L'intento è quello di distruggere e scoraggiare, una volta per tutte, e ridistribuire la terra italiana a poche grandi entità: quelle che pagano le tangenti (il tutto in nome della legge, del progresso e dell'Europa unita, però).
Come tale guerra feroce alla produzione locale conviva con gli inni continui allo slow food, alla proliferazione delle boutique del gusto e delle migliaia di trasmissioni e di libri che cianciano di enogastronomia non è dato sapere.
Gli italiani, ovvio, latitano; lo capisco: sono dei coglioni; si limitano a pretenderlo l'olio buono e son disposti pure a pagarlo caro, ma si chiedono cosa ingoiano davvero assieme all'insalata?
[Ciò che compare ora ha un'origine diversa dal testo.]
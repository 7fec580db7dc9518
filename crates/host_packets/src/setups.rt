// Setup of one store, and of both.
ghost use Rattle.tables.specs.Calls.{edition32};
ghost use Rattle.packets.specs.Stores.{two};
ghost use Rattle.packets.specs.Answers.{refusal_in};
ghost use Rattle.packets.specs.Promise.{PacketSetupBoth};
ghost use Rattle.host_values.specs.Tells.{Tells};
ghost use Rattle.host_packets.specs.Kept.{store_in, SetUpAnywhere};

use records::totals::Totals;
use small_float::Size;

// A store of this size and with this many records, beside the other one, of which the scalars and the bytes are asked for. It is the same for either store,
// and says so: whichever it is, and whatever the rest of the other one. Refused, the scalars are zeros, as of no store.
#[unsafe(no_mangle)]
pub extern "C" fn ds_packet_set_up(
    size: u32,
    count: u32,
    scalars: &mut [u32; Totals::SCALARS],
    bins: &mut [u32; 256],
    leaves: &mut [u8; 32],
    nodes: &mut [u32],
    pile: &mut [u32],
    bytes: &[u8],
    beside: &[u32; Totals::SCALARS],
    bytes_beside: &[u8],
) -> u32
    ensures { Tells refusal_in (SetUpAnywhere edition32 size count
        (store_in scalars.old bins.old leaves.old nodes.old pile.old bytes.now)
        (store_in scalars.new bins.new leaves.new nodes.new pile.new bytes.now)
        beside.now bytes_beside.now) result }
{
    let other = Totals::of_array(beside);
    let started = packet_starting::set_up(
        Size(size),
        count,
        bins,
        leaves,
        nodes,
        pile,
        bytes,
        other,
        bytes_beside,
    );
    host_values::keep(started.left, scalars);
    packets::number(started.answer)
}

// Both stores, or neither.
#[unsafe(no_mangle)]
pub extern "C" fn ds_packet_set_up_both(
    on_size: u32,
    on_count: u32,
    on_scalars: &mut [u32; Totals::SCALARS],
    on_bins: &mut [u32; 256],
    on_leaves: &mut [u8; 32],
    on_nodes: &mut [u32],
    on_pile: &mut [u32],
    on_bytes: &[u8],
    ex_size: u32,
    ex_count: u32,
    ex_scalars: &mut [u32; Totals::SCALARS],
    ex_bins: &mut [u32; 256],
    ex_leaves: &mut [u8; 32],
    ex_nodes: &mut [u32],
    ex_pile: &mut [u32],
    ex_bytes: &[u8],
) -> u32
    ensures { Tells refusal_in (PacketSetupBoth edition32 on_size on_count ex_size ex_count
        (two (store_in on_scalars.old on_bins.old on_leaves.old
        on_nodes.old on_pile.old on_bytes.now)
        (store_in ex_scalars.old ex_bins.old ex_leaves.old
        ex_nodes.old ex_pile.old ex_bytes.now))
        (two (store_in on_scalars.new on_bins.new on_leaves.new
        on_nodes.new on_pile.new on_bytes.now)
        (store_in ex_scalars.new ex_bins.new ex_leaves.new
        ex_nodes.new ex_pile.new ex_bytes.now))) result }
{
    let started = packet_starting::set_up_both(
        Size(on_size),
        on_count,
        on_bins,
        on_leaves,
        on_nodes,
        on_pile,
        on_bytes,
        Size(ex_size),
        ex_count,
        ex_bins,
        ex_leaves,
        ex_nodes,
        ex_pile,
        ex_bytes,
    );
    host_values::keep(started.left.on_chip, on_scalars);
    host_values::keep(started.left.external, ex_scalars);
    packets::number(started.answer)
}
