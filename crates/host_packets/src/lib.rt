// The packet layer for a program in C or Rust: two stores of bytes, each with an allocator's words beside it, and every packet call on them. A store is
// a number there, 0 for the one on the chip; a packet is that number, an offset and a record.
#![tactic(auto)]

pub mod changes;
pub mod filling;
pub mod questions;
pub mod reads;
pub mod setups;
pub mod values;
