// A clock that is lent to a loop.
ghost use Rattle.std.specs.Prelude.{◌≡◌, ℕ, [], ◌∷◌};
ghost use Rattle.engine_ports.specs.Clock.{ClockView, ClockHanded, PauseSays};

use engine_ports::{Clock, Pause};

/// What a loop asks of a clock: it stays the same one, and needn't go to another thread.
pub trait Ticking: Drop {
    ghost times: { Self → ClockView };

    ghost which: { Self → ℕ };

    fn now(&mut self) -> u64
        ensures handed { ClockHanded (times self.old) (result ∷ []) (times self.new) }
        ensures same { which self.new ≡ which self.old };

    fn pause(&mut self, ms: u64) -> Pause
        ensures says { PauseSays result (times self.old) (times self.new) }
        ensures same { which self.new ≡ which self.old };
}

/// A clock by the reference to it.
#[derive(Drop)]
pub struct LentClock<'a, C> {
    pub clock: &'a mut C,
}

impl<'a, C: Clock> Ticking for LentClock<'a, C> {
    ghost times = { λ l. C.times l.clock.now };

    ghost which = { λ l. l.clock.ghost_name };

    fn now(&mut self) -> u64 {
        self.clock.now()
    }

    fn pause(&mut self, ms: u64) -> Pause {
        self.clock.pause(ms)
    }
}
Così, per pura curiosità. Parte di ciò che mettono nello stomaco, ad esempio, viene dal Marocco. In Marocco acquistano i nostri frantoi dismessi, ci fanno il loro olio, poi lo spediscono qua sottocosto (non hanno l'euro e i saccoccioni, loro: non ancora) e i nostri baldi imprenditori del gusto ci mettono la patacca tricolore.
Una disfatta in progress.
Di questa disfatta sarà contento Antonio Pascale, il Virgilio fordista, uno che si lamenta degli ulivi nostrani, così commoventi e scenografici, ma tanto improduttivi.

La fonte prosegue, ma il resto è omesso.